Because of that, we expect most companies will need to report on E1, the Climate Change standard, which includes greenhouse gas emissions. Covered organisations will need to disclose their full scope 1-3 emissions, alongside their climate risks assessment and any policies related to climate change mitigation and adaptation.

Other considerations

The depth and scope of the CSRD—which covers not just a company's own operations but also their value chains—means there are many new considerations to keep in mind.

To prevent greenwashing and bring sustainability reporting up to the level of rigour required for financial reporting, the CSRD introduces an audit assurance requirement for its reporting—beginning with limited assurance in 2026, followed by reasonable assurance two years later. The assurance requirement will be a new motion for many companies who will need high levels of data accuracy, completeness, and controls.

On the policy front, the CSRD is closely linked to the EU Green Taxonomy, a classification system that establishes a list of environmentally sustainable economic activities. Companies within the scope of the CSRD will also have to comply with the taxonomy. Reporting on both regulations will be in companies’ annual sustainability reports.

The CSRD’s timeline

The CSRD became law on 5 January 2023 and the EU Commission released the final ESRS on 31 July 2023. Specific requirements for some sectors—along with non-EU company guidelines—will come out in 2024.
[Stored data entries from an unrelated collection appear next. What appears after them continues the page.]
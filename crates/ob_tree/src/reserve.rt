//! The tasks that a work list needs room for.

ghost use Rattle.std.specs.Prelude.{◌≡◌, ◌≤◌, ◌∷◌, [], ◌+◌, ◌*◌, List, map, min};
ghost use Rattle.ob_typing.specs.Program.{no_branch};
ghost use Rattle.ob_tree.specs.Rooms.{most_room};
ghost use Rattle.ob_tree_law.specs.TreeEngine.{work_room};
ghost use Rattle.ob_tree_law.specs.Reserve as Counts;
ghost use Rattle.ob_checked.specs.Types.{Entry};
ghost use Rattle.ob_checked.specs.CheckedModule.{program_in};
ghost use Rattle.ob_checked.specs.View.{expression_of, operations_in, selectors_in, designator_of, actual_of, statement_of, statements_in, branches_in, procedure_of};

use ob_checked::checked::Checked;
use ob_checked::program::{
    Actual, Branch, Designator, Expression, Operation, Procedure, Selector, Statement,
};

/// The most tasks that an expression comes to; the greatest number where they are more.
#[cycle(values)]
fn value_most(expression: &Expression) -> usize
    ensures { result ≡ min (Counts.value_most (expression_of expression.now)) usize.MAX }
{
    match expression {
        Expression::Literal(_) => 1,
        Expression::ValueOf { variable, .. } => address_most(variable).saturating_add(1),
        Expression::Negated(operand) => value_most(operand).saturating_add(1),
        Expression::Complement(operand) => value_most(operand).saturating_add(1),
        Expression::Computed { first, rest } => {
            let most = value_most(first).saturating_add(1);
            most.max(operators_most(rest.as_slice()))
        }
        Expression::Compared { left, right, .. } => {
            let most = value_most(left).saturating_add(2);
            most.max(value_most(right).saturating_add(1))
        }
    }
}

/// The same of operators with their operands.
#[cycle(values)]
fn operators_most(operations: &[Operation]) -> usize
    ensures { result ≡ min (Counts.operators_most (operations_in operations.now)) usize.MAX }
{
    let mut most = 0;
    for operation in operations {
        let operand = value_most(&operation.operand);
        most = most.max(operand.saturating_add(2));
    }
    most.max(1)
}

/// The same of a selector.
#[cycle(values)]
fn selector_most(selector: &Selector) -> usize
    ensures { result ≡ min (Counts.selecting_most (selectors_in (selector.now ∷ []))) usize.MAX }
{
    match selector {
        Selector::Field { .. } => 2,
        Selector::Element { index, .. } => value_most(index).saturating_add(2).max(1),
    }
}

/// The same of a variable.
#[cycle(values)]
fn address_most(designator: &Designator) -> usize
    ensures { result ≡ min (Counts.address_most (designator_of designator.now)) usize.MAX }
{
    let mut most = 3;
    for selector in &designator.selectors {
        most = most.max(selector_most(selector));
    }
    most
}

/// The same of an actual.
fn actual_most(actual: &Actual) -> usize
    ensures { result ≡ min (Counts.actual_most (actual_of actual.now)) usize.MAX }
{
    match actual {
        Actual::Value(expression) => value_most(expression),
        Actual::Place(designator) => address_most(designator),
    }
}

/// The same of actuals.
fn handing_most(actuals: &[Actual]) -> usize
    ensures { result ≡ min (Counts.handing_most (map actual_of actuals.now)) usize.MAX }
{
    let mut most = 0;
    for actual in actuals {
        most = most.max(actual_most(actual).saturating_add(1));
    }
    most.max(1)
}

/// The same of a statement.
#[cycle(statements)]
fn doing_most(statement: &Statement) -> usize
    ensures { result ≡ min (Counts.doing_most (statement_of statement.now)) usize.MAX }
{
    match statement {
        Statement::Assign { target, value } => {
            let most = address_most(target).saturating_add(2);
            most.max(value_most(value).saturating_add(1))
        }
        Statement::Call { actuals, .. } => handing_most(actuals.as_slice()).saturating_add(1),
        Statement::If {
            branches,
            otherwise,
        } => {
            let most = choosing_most(branches.as_slice());
            match otherwise {
                Some(body) => most.max(all_most(body.as_slice())),
                None => most,
            }
        }
        Statement::While { condition, body } => {
            let most = value_most(condition).saturating_add(1);
            most.max(all_most(body.as_slice()).saturating_add(1).max(3))
        }
        Statement::Repeat { body, condition } => {
            let most = value_most(condition).saturating_add(1);
            most.max(all_most(body.as_slice()).saturating_add(2)).max(4)
        }
    }
}

/// The same of branches, with nothing behind them.
#[cycle(statements)]
fn choosing_most(branches: &[Branch]) -> usize
    ensures { result ≡ min (Counts.choosing_most (branches_in branches.now no_branch)) usize.MAX }
{
    let mut most = 0;
    for branch in branches {
        most = most.max(value_most(&branch.condition).saturating_add(1));
        most = most.max(all_most(branch.body.as_slice()).saturating_add(1));
    }
    most.max(1)
}

/// The same of statements one after the other.
#[cycle(statements)]
fn all_most(statements: &[Statement]) -> usize
    ensures { result ≡ min (Counts.all_most (statements_in statements.now)) usize.MAX }
{
    let mut most = 0;
    for statement in statements {
        most = most.max(doing_most(statement).saturating_add(1));
    }
    most.max(1)
}

/// The most tasks of one activation of the procedures.
fn activation_most(procedures: &[Procedure]) -> usize
    ensures { (types : List Entry) → result ≡ min (Counts.activation_most (map (procedure_of types) procedures.now)) usize.MAX }
{
    let mut most = 0;
    for procedure in procedures {
        let body = all_most(procedure.body.as_slice()).saturating_add(1);
        most = most.max(body.max(3));
    }
    most
}

/// The tasks that a work list needs room for: of 64 activations, and three more; the greatest number where they are more.
fn work_tasks(procedures: &[Procedure]) -> usize
    ensures { (types : List Entry) → result ≡ min (64 * Counts.activation_most (map (procedure_of types) procedures.now) + 3) usize.MAX }
{
    let most = activation_most(procedures);
    most.saturating_mul(64).saturating_add(3)
}

/// A law, which does nothing: the work list of a checked module needs little room, since constructs of its text stand at most 100 deep.
pub fn needs_little_room(checked: &Checked)
    ensures { work_room (program_in checked.now) ≤ most_room }
{
    let _typed = checked.program();
    let _tree = checked.module().tree();
}

/// The tasks that the work list of a checked module needs room for.
pub fn room_for_work(checked: &Checked) -> usize
    ensures { result ≡ work_room (program_in checked.now) }
{
    needs_little_room(checked);
    work_tasks(checked.program().procedures.as_slice())
}
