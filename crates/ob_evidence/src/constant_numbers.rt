//! Numbers of constant expressions, as they are written.

ghost use Rattle.std.specs.Prelude.{◌≡◌, ◌++◌, [], codes, IfOk, if◌then◌else◌};
ghost use Rattle.ob_evidence.specs.Numbers.{binds_closer, first_operand, is_known, is_one_token, length_from, length_there, second_operand, written};
ghost use Rattle.ob_evidence.specs.Sites.{scene_of};

use crate::text_site::{Site, kind_of};
use ob_explain_names::declarations::token_bytes;
use ob_explain_names::numerals::{Numeral, numeral_before, numeral_next};
use ob_explain_tokens::around::tokens_behind;
use ob_explain_tokens::operand_tokens::is_of;
use ob_scan::{Kind, Token};
use std::alloc::{AllocError, Global};

/// The number before the operator at the place, where it is known.
pub fn first_operand(alloc: Global, site: &Site<'_, '_>) -> Result<Option<Numeral>, AllocError>
    ensures { IfOk result (λ numeral. numeral ≡ first_operand (scene_of site.now)) }
{
    let closer = binds_closer(kind_of(site.here()));
    numeral_before(
        alloc,
        site.text,
        site.known,
        site.tokens,
        closer,
        site.before,
    )
}

/// The number behind it.
pub fn second_operand(alloc: Global, site: &Site<'_, '_>) -> Result<Option<Numeral>, AllocError>
    ensures { IfOk result (λ numeral. numeral ≡ second_operand (scene_of site.now)) }
{
    let closer = binds_closer(kind_of(site.here()));
    numeral_next(
        alloc,
        site.text,
        site.known,
        site.tokens,
        closer,
        site.behind,
    )
}

/// Whether an operator binds closer than a sign.
fn binds_closer(operator: Option<Kind>) -> bool
    ensures { result ≡ binds_closer operator }
{
    matches!(operator, Some(Kind::Times | Kind::Div | Kind::Mod))
}

/// The length of an array that begins at the place, where it is one token and a number or stands for one.
pub fn length_there(alloc: Global, site: &Site<'_, '_>) -> Result<Option<Numeral>, AllocError>
    ensures { IfOk result (λ numeral. numeral ≡ length_there (scene_of site.now)) }
{
    let from = tokens_behind(alloc, site.tokens, site.place.saturating_sub(1))?;
    length_from(alloc, site, &from)
}

/// The length with which tokens begin.
fn length_from(
    alloc: Global,
    site: &Site<'_, '_>,
    from: &[Token],
) -> Result<Option<Numeral>, AllocError>
    ensures { IfOk result (λ numeral. numeral ≡ length_from (scene_of site.now) from.now) }
{
    if is_one_token(from) {
        numeral_next(alloc, site.text, site.known, site.tokens, true, from)
    } else {
        Ok(None)
    }
}

/// Whether OF stands behind the first of tokens.
fn is_one_token(from: &[Token]) -> bool
    ensures { result ≡ is_one_token from.now }
{
    match from {
        [_, second, ..] => is_of(second.kind),
        _ => false,
    }
}

/// Whether a number is known.
pub fn is_known(numeral: Option<Numeral>) -> bool
    ensures { result ≡ is_known numeral }
{
    match numeral {
        Some(_) => true,
        None => false,
    }
}

/// A number as it is written.
pub fn written(alloc: Global, text: &[u8], numeral: Option<Numeral>) -> Result<Vec<u8>, AllocError>
    ensures { IfOk result (λ bytes. bytes.items ≡ written text.now numeral) }
{
    match numeral {
        Some(numeral) => signed(
            alloc,
            numeral.is_negative,
            token_bytes(text, numeral.digits),
        ),
        None => Ok(Vec::new(alloc)),
    }
}

/// Digits, behind a minus or not.
fn signed(alloc: Global, is_negative: bool, digits: &[u8]) -> Result<Vec<u8>, AllocError>
    ensures { IfOk result (λ bytes. bytes.items ≡ (if is_negative then codes "-" else []) ++ digits.now) }
{
    let mut bytes = Vec::new(alloc);
    if is_negative {
        bytes.push(b'-')?;
    }
    bytes.extend_from_slice(digits)?;
    Ok(bytes)
}
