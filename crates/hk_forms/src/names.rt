// The names that a rules file gives: of snapshots and of contexts.
ghost use Rattle.std.specs.Prelude.{◌≡◌};
ghost use Rattle.std.specs.List.{list_all, slice_get};
ghost use Rattle.hk_forms.specs.Names as spec;

fn is_letter(byte: u8) -> bool
    ensures { result ≡ spec.is_letter byte }
{
    (65 <= byte && byte <= 90) || (97 <= byte && byte <= 122)
}

fn is_name_byte(byte: u8) -> bool
    ensures { result ≡ spec.is_name_byte byte }
{
    (is_letter(byte) || (48 <= byte && byte <= 57)) || (byte == b'_' || byte == b'-')
}

fn are_name_bytes(text: &[u8]) -> bool
    ensures { result ≡ list_all spec.is_name_byte text.now }
{
    text.iter().all(|byte| is_name_byte(*byte))
}

/// Whether the text is the name of a context. Linear.
pub fn is_context_name(text: &[u8]) -> bool
    ensures { result ≡ spec.is_context_name text.now }
{
    (1 <= text.len() && text.len() <= 64) && are_name_bytes(text)
}

fn begins_snapshot(text: &[u8]) -> bool
    ensures { result ≡ spec.begins_snapshot (slice_get text.now 0) }
{
    match text.get(0) {
        Some(byte) => *byte != b'_',
        None => false,
    }
}

/// Whether the text is the name of a snapshot. Linear.
pub fn is_snapshot_name(text: &[u8]) -> bool
    ensures { result ≡ spec.is_snapshot_name text.now }
{
    begins_snapshot(text) && is_context_name(text)
}
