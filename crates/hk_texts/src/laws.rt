// What printed lines tell.
ghost use Rattle.std.specs.Prelude.{◌≡◌, List};
ghost use Rattle.hk_fix.specs.declared.event.Event.{Event};
ghost use Rattle.hk_rules.specs.LinkedPlan.{IsLinkedPlan};
ghost use Rattle.hk_rules.specs.Plan.{lookups};
ghost use Rattle.hk_rules.specs.PlanView.{PlanView};
ghost use Rattle.hk_texts.specs.Telling.{HasIdentifiers, IsHistoryOf, PrintApart};
ghost use Rattle.hk_texts.specs.TraceText.{trace_text};

/// Where no two items print alike, a printed trace tells the history: which events there were, of which items and pages,
/// and in which order. The plan's names are as those of every plan are: identifiers, and names of pages that differ within
/// an item.
pub fn printed_traces_tell_histories()
    ensures { (plan : PlanView) (one other : List Event) → IsLinkedPlan plan → HasIdentifiers plan → PrintApart (lookups plan)
        → IsHistoryOf plan one → IsHistoryOf plan other → trace_text (lookups plan) one ≡ trace_text (lookups plan) other → one ≡ other }
{}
CSRD disclosure: How and when to report

CSRD reporting requirements will be phased in for different groups of firms over the coming years. Firms currently reporting under the NFRD will need to make their first CSRD disclosures in their 2025 management report, using 2024 data. For other public companies that are not SMEs or micro-cap, their first CSRD reporting will be in their 2026 management report, using 2025 data. That deadline will also apply to large private companies caught by the regulation.

For listed SMEs, reporting begins in their 2027 management report, using 2026 data. The new parent-company level reporting requirements for qualifying non-EU firms will form part of 2029 reporting, using 2028 data.

CSRD disclosures will need to be in a machine-readable digital format so that submissions can be aggregated into a single EU-wide database.